What do you do when a business owner wants to sell his or her business to an employee, but that employee does not have the money to fund the purchase? That is the case with Joe, age 62, who owns Success Co. and wants to sell the business to his key employee, Ken, age 38. What to do?
Joe decides to consult his lawyer, Lenny. Joe tells Lenny, “Ken and I have agreed on a price for Success Co. Ken will pay $4.2 million over eight years with 4.5-percent interest on the unpaid balance. The average before-tax profit of Success Co. for the last three years is $840,000, but the trend is up. My tax basis for Success Co.’s stock (an S corporation) is $800,000. What’s the best way to structure the sale?”
Joe has several concerns: He fears run-away inflation and wants to ensure that he and his wife can maintain their lifestyle. He also has an obligation to pay for the college education of four more grandkids, having already paid for the three oldest.
Joe always left the bulk of his profits in Success Co. to grow the business. He and his wife have two homes (one in Indiana worth about $1.3 million, and another in Florida worth about $1.4 million). A variety of other assets total about $850,000, including $475,000 of liquid investments.
Lenny advises Joe to structure the sale as an installment sale for tax purposes. Joe will not pay any tax on the $3.4 million capital gain until he actually gets paid by Ken.
Not satisfied, Joe goes to see his CPA, Cal, who explains the tax consequences of an installment sale. Subject to Congress changing the tax rates, the rates will rise for ordinary income (which includes the interest income Joe will receive) and capital gains. Simply put, Joe would be clobbered with federal taxes, plus Indiana would get its state income tax.
Cal explains that Ken will also encounter two problems: a tax problem and an economic one. Assume the combined state and federal income tax burden is 44 percent. Ken must earn more than $6 million, and pay nearly $1.85 million in taxes, to have the $4.2 million to pay Joe. The final blow is that the unpaid balance will always bear interest. That’s the tax problem.
The economic problem is that Ken’s personal financial statement must now show a liability of $4.2 million, destroying his personal balance sheet and making it almost impossible for Success Co. to borrow money for growth.
One strategy, an Intentionally Defective Trust (IDT), solves the problems for buyer and seller and enables Joe to keep control of Success Co. until he is paid in full. The solution that follows assumes that Joe will sell all the stock he owns (100 percent) of Success Co. to Ken. The solution is a simple two-step process:
Step 1: Do a recapitalization (just a fancy name for creating voting and non-voting stock) to create, say, 100 shares of voting stock, which Joe keeps to maintain control, and 10,000 shares of non-voting stock, which ultimately will be transferred to Ken.

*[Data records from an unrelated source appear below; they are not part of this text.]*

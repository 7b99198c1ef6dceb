//! Monomials that are added to those of a form, in the order of their texts.

ghost use Rattle.std.specs.Prelude.{◌≡◌, ◌<◌, IfOk, length};
ghost use Rattle.logic_terms.specs.View.{term};
ghost use Rattle.linear_forms.specs.Form.{scaled, multiples, products, product_variable};
ghost use Rattle.linear_forms.specs.View.{parts as monomials, part as monomial_of};
ghost use Rattle.linear_forms.specs.Places.{Raises, Adds, Gathers};

use crate::fault::FormFault;
use crate::form::Part;
use crate::numbers::{product, sum};
use crate::place::{Place, place_of};
use logic_terms::{Starved, Term, precedes};
use sqlite_items::Boxed;
use std::alloc::Global;

/// Adds a coefficient to that at an index, and drops the monomial where the sum is 0.
fn raise(parts: &mut Vec<Part>, at: usize, coefficient: i128) -> Result<(), FormFault>
    requires { at < length parts.old.items }
    ensures { Raises (monomials parts.old.items) at coefficient (monomials parts.new.items) result }
{
    let raised = sum(parts[at].coefficient, coefficient)?;
    if raised == 0 {
        parts.remove(at);
    } else {
        parts[at].coefficient = raised;
    }
    Ok(())
}

/// Adds a coefficient times a variable.
pub fn add(
    alloc: Global,
    parts: &mut Vec<Part>,
    coefficient: i128,
    variable: Term,
) -> Result<(), FormFault>
    ensures { Adds coefficient (term variable) (monomials parts.old.items) (monomials parts.new.items) result }
{
    match place_of(alloc, parts.as_slice(), &variable)? {
        Place::At(at) => raise(parts, at, coefficient),
        Place::Before(at) => {
            if coefficient != 0 {
                let part = Part {
                    coefficient,
                    variable,
                };
                parts.insert(at, part)?;
            }
            Ok(())
        }
    }
}

/// Adds a multiple of each monomial.
pub fn add_multiples(
    alloc: Global,
    parts: &mut Vec<Part>,
    by: i128,
    more: &[Part],
) -> Result<(), FormFault>
    ensures { Gathers (scaled by (monomials more.now)) (monomials parts.old.items) (monomials parts.new.items) result }
{
    for part in more {
        let coefficient = product(by, part.coefficient)?;
        let variable = part.variable.copy(alloc)?;
        add(alloc, parts, coefficient, variable)?;
    }
    Ok(())
}

/// The variable for the product of two variables, the lesser text first.
fn product_of(alloc: Global, u: &Term, v: &Term) -> Result<Term, Starved>
    ensures { IfOk result (λ t. term t ≡ product_variable (term u.now) (term v.now)) }
{
    let first = Boxed::new(alloc, u.copy(alloc)?)?;
    let second = Boxed::new(alloc, v.copy(alloc)?)?;
    if precedes(alloc, v, u)? {
        Ok(Term::Mul(second, first))
    } else {
        Ok(Term::Mul(first, second))
    }
}

/// Adds the products of a monomial and others.
fn add_products_of(
    alloc: Global,
    parts: &mut Vec<Part>,
    factor: &Part,
    more: &[Part],
) -> Result<(), FormFault>
    ensures { Gathers (multiples (monomial_of factor.now) (monomials more.now)) (monomials parts.old.items) (monomials parts.new.items) result }
{
    for part in more {
        let coefficient = product(factor.coefficient, part.coefficient)?;
        let variable = product_of(alloc, &factor.variable, &part.variable)?;
        add(alloc, parts, coefficient, variable)?;
    }
    Ok(())
}

/// Adds the products of monomials and others.
pub fn add_products(
    alloc: Global,
    parts: &mut Vec<Part>,
    factors: &[Part],
    more: &[Part],
) -> Result<(), FormFault>
    ensures { Gathers (products (monomials factors.now) (monomials more.now)) (monomials parts.old.items) (monomials parts.new.items) result }
{
    for factor in factors {
        add_products_of(alloc, parts, factor, more)?;
    }
    Ok(())
}
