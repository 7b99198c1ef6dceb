//! Sums and products of numbers, which may leave 128 bits.

ghost use Rattle.std.specs.Prelude.{◌≡◌, ◌+ℤ◌, ◌*ℤ◌};
ghost use Rattle.linear_forms.specs.Fits.{fits};
ghost use Rattle.linear_forms.specs.View.{MakesNumber, or_wide};

use crate::fault::FormFault;

/// A number, if it fits.
fn narrow(number: Option<i128>) -> Result<i128, FormFault>
    ensures { result ≡ or_wide number }
{
    match number {
        Some(n) => Ok(n),
        None => Err(FormFault::Wide),
    }
}

/// The sum, if it fits.
#[tactic(auto, using(crate::proofs::Narrow::made_number))]
pub fn sum(a: i128, b: i128) -> Result<i128, FormFault>
    ensures { MakesNumber (a +ℤ b) (fits (a +ℤ b)) result }
{
    narrow(a.checked_add(b))
}

/// The product, if it fits.
#[tactic(auto, using(crate::proofs::Narrow::made_number))]
pub fn product(a: i128, b: i128) -> Result<i128, FormFault>
    ensures { MakesNumber (a *ℤ b) (fits (a *ℤ b)) result }
{
    narrow(a.checked_mul(b))
}
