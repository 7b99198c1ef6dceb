//! Why a form is not made.

use logic_terms::Starved;
use std::alloc::AllocFailed;

/// Why a form is not made.
#[derive(Clone, Copy, Debug, PartialEq, Eq)]
pub enum FormFault {
    /// A number on the way to the form leaves 128 bits.
    Wide,
    /// There was no memory left.
    Starved,
}

impl From<Starved> for FormFault {
    ghost use Rattle.std.specs.Prelude.{◌≡◌};
    ghost use Rattle.linear_forms.specs.declared.fault.FormFault.TheVariants as fault;

    ghost from_gives = { λ _ e. e ≡ fault.Starved };

    fn from(_error: Starved) -> FormFault {
        FormFault::Starved
    }
}

impl<T: Drop> From<AllocFailed<T>> for FormFault {
    ghost use Rattle.std.specs.Prelude.{◌≡◌};
    ghost use Rattle.linear_forms.specs.declared.fault.FormFault.TheVariants as fault;

    ghost from_gives = { λ _ e. e ≡ fault.Starved };

    fn from(_error: AllocFailed<T>) -> FormFault {
        FormFault::Starved
    }
}
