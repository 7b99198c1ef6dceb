//! Linear forms: a constant plus variables with coefficients, which is said to be at least 0.
#![tactic(auto)]

mod build;
mod divisor;
mod fault;
mod form;
mod gather;
mod laws;
mod numbers;
mod place;

pub use build::{add_scaled, form_of, tighten};
pub use divisor::{floor_quotient, gcd};
pub use fault::FormFault;
pub use form::{LinearForm, Part};
pub use laws::{laws_of_forms, laws_of_order, laws_of_tightening};
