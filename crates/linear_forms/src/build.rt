//! The form of a term, sums of forms, and tightening.

ghost use Rattle.std.specs.Prelude.{◌≡◌, IfOk, pos, [], ◌∷◌};
ghost use Rattle.logic_terms.specs.View.{term};
ghost use Rattle.linear_forms.specs.Form.{form, monomial, form_of_node, combined, multiplied, tightened};
ghost use Rattle.linear_forms.specs.Fits.{node_fits, combining_fits, multiplying_fits};
ghost use Rattle.linear_forms.specs.View.{linear, Makes};

use crate::divisor::{divisor, floor_quotient};
use crate::fault::FormFault;
use crate::form::{LinearForm, Part};
use crate::gather::{add_multiples, add_products};
use crate::numbers::{product, sum};
use logic_terms::{Starved, Term};
use sqlite_items::{Boxed, Items};
use std::alloc::Global;

/// `m` times one form plus `n` times another.
///
/// `Wide` exactly where a number on the way leaves 128 bits: `m` or `n` times a constant or a coefficient, or a sum of these.
pub fn add_scaled(
    alloc: Global,
    a: &LinearForm,
    m: i128,
    b: &LinearForm,
    n: i128,
) -> Result<LinearForm, FormFault>
    ensures { Makes (combined m (linear a.now) n (linear b.now)) (combining_fits m (linear a.now) n (linear b.now)) result }
{
    let first = product(m, a.constant)?;
    let second = product(n, b.constant)?;
    let constant = sum(first, second)?;
    let mut parts = Vec::new(alloc);
    add_multiples(alloc, &mut parts, m, a.parts.as_slice())?;
    add_multiples(alloc, &mut parts, n, b.parts.as_slice())?;
    Ok(LinearForm {
        constant,
        parts: Items::from_vec(parts),
    })
}

/// Two forms multiplied out.
fn multiply(alloc: Global, a: &LinearForm, b: &LinearForm) -> Result<LinearForm, FormFault>
    ensures { Makes (multiplied (linear a.now) (linear b.now)) (multiplying_fits (linear a.now) (linear b.now)) result }
{
    let constant = product(a.constant, b.constant)?;
    let mut parts = Vec::new(alloc);
    add_multiples(alloc, &mut parts, a.constant, b.parts.as_slice())?;
    add_multiples(alloc, &mut parts, b.constant, a.parts.as_slice())?;
    add_products(alloc, &mut parts, a.parts.as_slice(), b.parts.as_slice())?;
    Ok(LinearForm {
        constant,
        parts: Items::from_vec(parts),
    })
}

/// A term as a variable.
fn variable_form(alloc: Global, t: &Term) -> Result<LinearForm, Starved>
    ensures { IfOk result (λ f. linear f ≡ form (pos 0) (monomial (pos 1) (term t.now) ∷ [])) }
{
    let mut parts = Items::new(alloc);
    parts.push(Part {
        coefficient: 1,
        variable: t.copy(alloc)?,
    })?;
    Ok(LinearForm { constant: 0, parts })
}

// What recurses holds boxes alone, and leaves what takes more of the stack to functions that are never inlined.

/// A number as a form, behind a box.
#[inline(never)]
fn boxed_number(alloc: Global, n: i128) -> Result<Boxed<LinearForm>, Starved>
    ensures { IfOk result (λ f. linear f ≡ form n []) }
{
    let number = LinearForm {
        constant: n,
        parts: Items::new(alloc),
    };
    Boxed::new(alloc, number)
}

/// A term as a variable, behind a box.
#[inline(never)]
fn boxed_variable(alloc: Global, t: &Term) -> Result<Boxed<LinearForm>, Starved>
    ensures { IfOk result (λ f. linear f ≡ form (pos 0) (monomial (pos 1) (term t.now) ∷ [])) }
{
    Boxed::new(alloc, variable_form(alloc, t)?)
}

/// A form plus a multiple of another, behind a box.
#[inline(never)]
fn boxed_sum(
    alloc: Global,
    a: Boxed<LinearForm>,
    b: Boxed<LinearForm>,
    n: i128,
) -> Result<Boxed<LinearForm>, FormFault>
    ensures { Makes (combined (pos 1) (linear a) n (linear b)) (combining_fits (pos 1) (linear a) n (linear b)) result }
{
    let sum = add_scaled(alloc, a.get(), 1, b.get(), n)?;
    Ok(Boxed::new(alloc, sum)?)
}

/// Two forms multiplied out, behind a box.
#[inline(never)]
fn boxed_product(
    alloc: Global,
    a: Boxed<LinearForm>,
    b: Boxed<LinearForm>,
) -> Result<Boxed<LinearForm>, FormFault>
    ensures { Makes (multiplied (linear a) (linear b)) (multiplying_fits (linear a) (linear b)) result }
{
    let product = multiply(alloc, a.get(), b.get())?;
    Ok(Boxed::new(alloc, product)?)
}

/// The form of a term, behind a box.
#[inline(never)]
fn boxed_form(alloc: Global, t: &Term) -> Result<Boxed<LinearForm>, FormFault>
    ensures { Makes (form_of_node (term t.now)) (node_fits (term t.now)) result }
{
    match t {
        Term::Num(n) => Ok(boxed_number(alloc, *n)?),
        Term::Add(a, b) => {
            let first = boxed_form(alloc, a.get())?;
            let second = boxed_form(alloc, b.get())?;
            boxed_sum(alloc, first, second, 1)
        }
        Term::Sub(a, b) => {
            let first = boxed_form(alloc, a.get())?;
            let second = boxed_form(alloc, b.get())?;
            boxed_sum(alloc, first, second, -1)
        }
        Term::Mul(a, b) => {
            let first = boxed_form(alloc, a.get())?;
            let second = boxed_form(alloc, b.get())?;
            boxed_product(alloc, first, second)
        }
        _ => Ok(boxed_variable(alloc, t)?),
    }
}

/// The form of a term of numbers, whose value is the term's.
///
/// Sums, differences and products are taken apart, products multiplied out; any other term is a variable. `Wide` exactly
/// where a number on the way leaves 128 bits: a constant or a coefficient of a part's form, a product of two of these, or a
/// sum as monomials are added.
pub fn form_of(alloc: Global, t: &Term) -> Result<LinearForm, FormFault>
    ensures { Makes (form_of_node (term t.now)) (node_fits (term t.now)) result }
{
    Ok(boxed_form(alloc, t)?.into_inner())
}

/// The form with its coefficients divided by their greatest common divisor, and its constant divided by it and rounded
/// down, so that it is at least 0 at the same whole numbers. A constant form stays.
pub fn tighten(alloc: Global, a: &LinearForm) -> Result<LinearForm, Starved>
    ensures { IfOk result (λ f. linear f ≡ tightened (linear a.now)) }
{
    let common = divisor(a.parts.as_slice()).max(1);
    let mut parts = Items::new(alloc);
    for part in a.parts.as_slice() {
        parts.push(Part {
            coefficient: floor_quotient(part.coefficient, common),
            variable: part.variable.copy(alloc)?,
        })?;
    }
    Ok(LinearForm {
        constant: floor_quotient(a.constant, common),
        parts,
    })
}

Step 2: An IDT is used to transfer the non-voting stock to Ken. Joe creates the IDT and sells all 10,000 shares of his non-voting stock to the trust for $4.2 million. The IDT now owns the non-voting stock, and Joe has a $4.2 million note receivable (payable from the IDT). The cash flow of Success Co. (which must be or become an S corporation) is used to pay off the note, plus interest.
Ken is the beneficiary of the IDT. When Joe’s note is paid off, the trustee will distribute the non-voting stock to Ken. Then, Ken buys the 100 voting shares from Joe for a nominal price (say $1,000). Ken now owns 100 percent of Success Co. In addition, the IDT can purchase insurance on Ken, so that in the event of his death, the insurance proceeds would pay any amount still due Joe.
So what is an IDT? It is the same as any other irrevocable trust, with one big difference:
The trust is not recognized for income tax purposes. The result under the Internal Revenue Code is that every penny the seller receives is tax-free—no capital gains tax on the note payments and no income tax on the interest income.
An IDT can also be used to buy out fellow stockholders, to transfer the business to your child and to transfer to more than one employee or child.
When your children are involved, an IDT offers several advantages:
• The fair market value of the non-voting stock can be discounted by about 40 percent.
• You can gift or sell all or a portion of the stock (voting and non-voting) to the IDT.
• The trustee of the IDT can be instructed to keep possession of the non-voting and the voting stock (if in the trust). This way, if your beneficiary child gets divorced, his/her spouse will have no interest in the stock.